Transformer Architecture: The Engine of LLMs

"The Transformer is the first sequence transduction model relying entirely on attention." — Vaswani et al. (2017)

To pass an LLM interview, simply knowing "it uses attention" is not enough. You must understand why specific design choices were made (Pre-Norm vs Post-Norm, SwiGLU vs ReLU, GQA vs MHA, MoE vs Dense) and the mathematical operations inside the block.

1. The High-Level View

A modern Decoder-Only Transformer (like GPT-4 or Llama 3) consists of a stack of identical blocks. Each block has two main sub-layers:

Multi-Head Self-Attention (MHA): Mixing information between tokens.
Feed-Forward Network (FFN): Processing information within each token independently.

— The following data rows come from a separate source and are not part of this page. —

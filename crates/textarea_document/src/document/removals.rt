//! Removals from a document.
ghost use Rattle.std.specs.Prelude.{◌≡◌, ◌<◌, OnOk, OnErr, IsOk, IfOk, IfSome, not, true, false, ◌==◌, None};
ghost use Rattle.std.specs.Arc.{arc_value};
ghost use Rattle.textarea_document.specs.Prelude.{as_nanos, text_of, IsPlace, index_of, symbols_between, Backward, Forward, TakesWhole, widened, range_at_cursor, range_before, range_after, cursor_range_removed, is_at_end, is_at_start, removal, removed_symbols, removed_before, removed_after, break_removed, between_removed, symbol_removed_before, symbol_removed_after, after_edit};

use crate::document::Document;
use crate::document::edits::edit_of;
use std::alloc::AllocError;
use std::sync::Arc;
use std::time::Duration;
use textarea_data::range::{AtomicDeleteDirection, AtomicRange};
use textarea_history::edit::{Edit, EditKind, deletion_of};
use textarea_ranges::lookup;
use textarea_text::places::line_end;
use textarea_text::rows;
use textarea_text::text_slice::between;

impl Document {
    /// Removes the text between two positions, and each range that it overlaps.
    #[tactic(auto, unfolding(crate::specs::Edits::between_removed))]
    pub fn remove(
        &mut self,
        from: (usize, usize),
        to: (usize, usize),
        now: Duration,
    ) -> Result<(), AllocError>
        requires from { IsPlace self.old.text from }
        requires to { IsPlace self.old.text to }
        requires ordered { index_of self.old.text from < index_of self.old.text to }
        ensures ok { OnOk result (self.new ≡ between_removed self.old from to (as_nanos now)) }
        ensures err { OnErr result (self.new ≡ self.old) }
    {
        let (start, end) = self.widen(from, to);
        let removed = between(self.allocator(), self.lines(), start, end)?;
        self.remove_whole(Arc::new(self.allocator(), removed)?, start, end, now)
    }

    /// Removes the text between two positions, and each range that it overlaps, and returns it as a
    /// fragment, with a line break between each two of its strings. The history shares it.
    #[tactic(auto, unfolding(crate::specs::Edits::between_removed))]
    pub fn take(
        &mut self,
        from: (usize, usize),
        to: (usize, usize),
        now: Duration,
    ) -> Result<Arc<Vec<String>>, AllocError>
        requires from { IsPlace self.old.text from }
        requires to { IsPlace self.old.text to }
        requires ordered { index_of self.old.text from < index_of self.old.text to }
        ensures removed_symbols { IfOk result (λ fragment_lines.
            text_of (arc_value fragment_lines).items ≡ removed_symbols self.old from to) }
        ensures ok { OnOk result (self.new ≡ between_removed self.old from to (as_nanos now)) }
        ensures err { OnErr result (self.new ≡ self.old) }
    {
        let (start, end) = self.widen(from, to);
        let removed = between(self.allocator(), self.lines(), start, end)?;
        let fragment_lines = Arc::new(self.allocator(), removed)?;
        self.remove_whole(fragment_lines.clone()?, start, end, now)?;
        Ok(fragment_lines)
    }

    // Removes this fragment, which is between two positions of the text. It covers each range
    // completely or not at all.
    fn remove_whole(
        &mut self,
        fragment_lines: Arc<Vec<String>>,
        from: (usize, usize),
        to: (usize, usize),
        now: Duration,
    ) -> Result<(), AllocError>
        requires from { IsPlace self.old.text from }
        requires to { IsPlace self.old.text to }
        requires ordered { index_of self.old.text from < index_of self.old.text to }
        requires fragment_lines { text_of (arc_value fragment_lines).items
            ≡ symbols_between self.old.text from to }
        requires whole { TakesWhole self.old.ranges from to }
        ensures ok { OnOk result (self.new
            ≡ after_edit self.old (removal self.old.text from to) false (as_nanos now)) }
        ensures err { OnErr result (self.new ≡ self.old) }
    {
        self.edit(edit_of(fragment_lines, false, from, to)?, false, now)
    }

    // Returns the two ends of a removal, widened over each range that it overlaps.
    fn widen(&self, from: (usize, usize), to: (usize, usize)) -> ((usize, usize), (usize, usize))
        requires from { IsPlace self.now.text from }
        requires to { IsPlace self.now.text to }
        requires ordered { index_of self.now.text from < index_of self.now.text to }
        ensures value { result ≡ widened self.now.ranges from to }
        ensures start { IsPlace self.now.text result.0 }
        ensures end { IsPlace self.now.text result.1 }
        ensures ordered { index_of self.now.text result.0 < index_of self.now.text result.1 }
        ensures whole { TakesWhole self.now.ranges result.0 result.1 }
    {
        let stored = self.ranges();
        lookup::widen(stored, from, to)
    }

    /// Removes the atomic range at the cursor in this direction, and returns it; nothing is
    /// selected then. Without such a range returns `None`, and nothing changes.
    pub fn remove_cursor_range(
        &mut self,
        direction: AtomicDeleteDirection,
        now: Duration,
    ) -> Result<Option<AtomicRange>, AllocError>
        ensures removed { IfOk result (λ range. range ≡ range_at_cursor self.old direction) }
        ensures ok { OnOk result
            (self.new ≡ cursor_range_removed self.old direction (as_nanos now)) }
        ensures err { OnErr result (self.new ≡ self.old) }
        ensures nothing { range_at_cursor self.old direction ≡ None → IsOk result }
        ensures before { direction ≡ Backward →
            IfOk result (λ range. IfSome range (λ _. is_at_start self.old ≡ false)) }
        ensures after { direction ≡ Forward →
            IfOk result (λ range. IfSome range (λ _. is_at_end self.old ≡ false)) }
        ensures start { direction ≡ Backward → is_at_start self.old ≡ true → IsOk result }
        ensures end { direction ≡ Forward → is_at_end self.old ≡ true → IsOk result }
    {
        let Some(range) = self.range_at_cursor(direction) else {
            return Ok(None);
        };
        let start = (range.row, range.start_col);
        self.remove(start, (range.row, range.end_col), now)?;
        Ok(Some(range))
    }

    /// Removes the atomic range at the cursor, backward, or else the character before the cursor,
    /// or at column 0 the line break there, as typed or not. Returns whether there was one.
    #[tactic(auto, unfolding(crate::specs::Edits::removed_before))]
    pub fn remove_before(&mut self, typed: bool, now: Duration) -> Result<bool, AllocError>
        ensures removed { IfOk result (λ removed. removed ≡ not (is_at_start self.old)) }
        ensures ok { OnOk result (self.new ≡ removed_before self.old typed (as_nanos now)) }
        ensures err { OnErr result (self.new ≡ self.old) }
        ensures nothing { is_at_start self.old ≡ true → IsOk result }
    {
        match self.remove_cursor_range(AtomicDeleteDirection::Backward, now)? {
            Some(_) => Ok(true),
            None => self.remove_symbol_before(typed, now),
        }
    }

    /// Removes the atomic range at the cursor, forward, or else the character after the cursor, or
    /// at a line's end the line break there, as typed or not. Returns whether there was one.
    #[tactic(auto, unfolding(crate::specs::Edits::removed_after))]
    pub fn remove_after(&mut self, typed: bool, now: Duration) -> Result<bool, AllocError>
        ensures removed { IfOk result (λ removed. removed ≡ not (is_at_end self.old)) }
        ensures ok { OnOk result (self.new ≡ removed_after self.old typed (as_nanos now)) }
        ensures err { OnErr result (self.new ≡ self.old) }
        ensures nothing { is_at_end self.old ≡ true → IsOk result }
    {
        match self.remove_cursor_range(AtomicDeleteDirection::Forward, now)? {
            Some(_) => Ok(true),
            None => self.remove_symbol_after(typed, now),
        }
    }

    // Removes the character before the cursor, or at column 0 the line break there, as typed or
    // not. Returns whether there was one.
    fn remove_symbol_before(&mut self, typed: bool, now: Duration) -> Result<bool, AllocError>
        requires none_at_place { range_before self.old ≡ None }
        ensures removed { IfOk result (λ removed. removed ≡ not (is_at_start self.old)) }
        ensures ok { OnOk result (self.new ≡ symbol_removed_before self.old typed (as_nanos now)) }
        ensures err { OnErr result (self.new ≡ self.old) }
        ensures nothing { is_at_start self.old ≡ true → IsOk result }
    {
        let cursor = self.cursor();
        let offset = self.text_layout.offset_of(cursor);
        let Some(before) = rows::symbol_before(self.lines(), cursor, offset) else {
            self.set_anchor(None);
            return Ok(false);
        };
        let kind = deletion_of(before.character);
        self.edit(Edit::between(kind, cursor, before.start), typed, now)?;
        Ok(true)
    }

    // Removes the character after the cursor, or at a line's end the line break there, as typed or
    // not. Returns whether there was one.
    fn remove_symbol_after(&mut self, typed: bool, now: Duration) -> Result<bool, AllocError>
        requires none_at_place { range_after self.old ≡ None }
        ensures removed { IfOk result (λ removed. removed ≡ not (is_at_end self.old)) }
        ensures ok { OnOk result (self.new ≡ symbol_removed_after self.old typed (as_nanos now)) }
        ensures err { OnErr result (self.new ≡ self.old) }
        ensures nothing { is_at_end self.old ≡ true → IsOk result }
    {
        let cursor = self.cursor();
        let Some(after) = self.symbol_after_cursor() else {
            self.set_anchor(None);
            return Ok(false);
        };
        let kind = deletion_of(after.character);
        self.edit(Edit::between(kind, after.end, cursor), typed, now)?;
        Ok(true)
    }

    /// Removes the line break before the cursor's line. Returns whether there was one.
    pub fn remove_break(&mut self, now: Duration) -> Result<bool, AllocError>
        ensures removed { IfOk result (λ removed. removed ≡ not (self.old.cursor.0 == 0)) }
        ensures ok { OnOk result (self.new ≡ break_removed self.old (as_nanos now)) }
        ensures err { OnErr result (self.new ≡ self.old) }
        ensures nothing { self.old.cursor.0 ≡ 0 → IsOk result }
    {
        let (row, _) = self.cursor();
        if row == 0 {
            self.set_anchor(None);
            return Ok(false);
        }
        let start = line_end(self.lines(), row - 1);
        let edit = Edit::between(EditKind::DeleteNewline, (row, 0), start);
        self.edit(edit, false, now)?;
        Ok(true)
    }
}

Critically, these are wrapped in Residual Connections and Layer Normalization.

2025 Evolution:

FFN → MoE: Many models now use Mixture-of-Experts for the feed-forward layer
MHA → GQA: Grouped-Query Attention reduces KV cache memory
Standard → Hybrid: Some models mix Transformer with State Space Models (Mamba)

2. Self-Attention: The "Routing" Layer

Attention allows tokens to "talk" to each other. It asks specific questions to build context.

The Query, Key, Value Intuition

Every token produces three vectors:

Query (Q): "What am I looking for?" (e.g., a noun looking for its adjective).
Key (K): "What do I contain?" (e.g., I am an adjective).
Value (V): "If you attend to me, here is my information."

The Engineering Perspective

Self-attention computes relationships between tokens through these steps:

Similarity: Computes scores for every pair of tokens (QK^T)
Scaling: Prevents dot products from exploding, which would cause vanishing gradients
Normalization: Converts scores to probabilities (softmax)
Aggregation: Weighted sum of value vectors

Why Multi-Head?

One head might focus on syntax (noun-verb agreement). Another might focus on semantics (synonyms). Another might look at position (previous word).

Model	Heads	Head Dimension	Total Dimension
Llama 3 8B	32	128	4,096
Llama 3 70B	64	128	8,192
GPT-4	96+ (est.)	128	12,288

3. Grouped Query Attention (GQA) - The 2025 Standard

As context windows grew (8k → 128k → 1M+), the KV Cache became a memory bottleneck. Storing Key and Value matrices for every head is expensive.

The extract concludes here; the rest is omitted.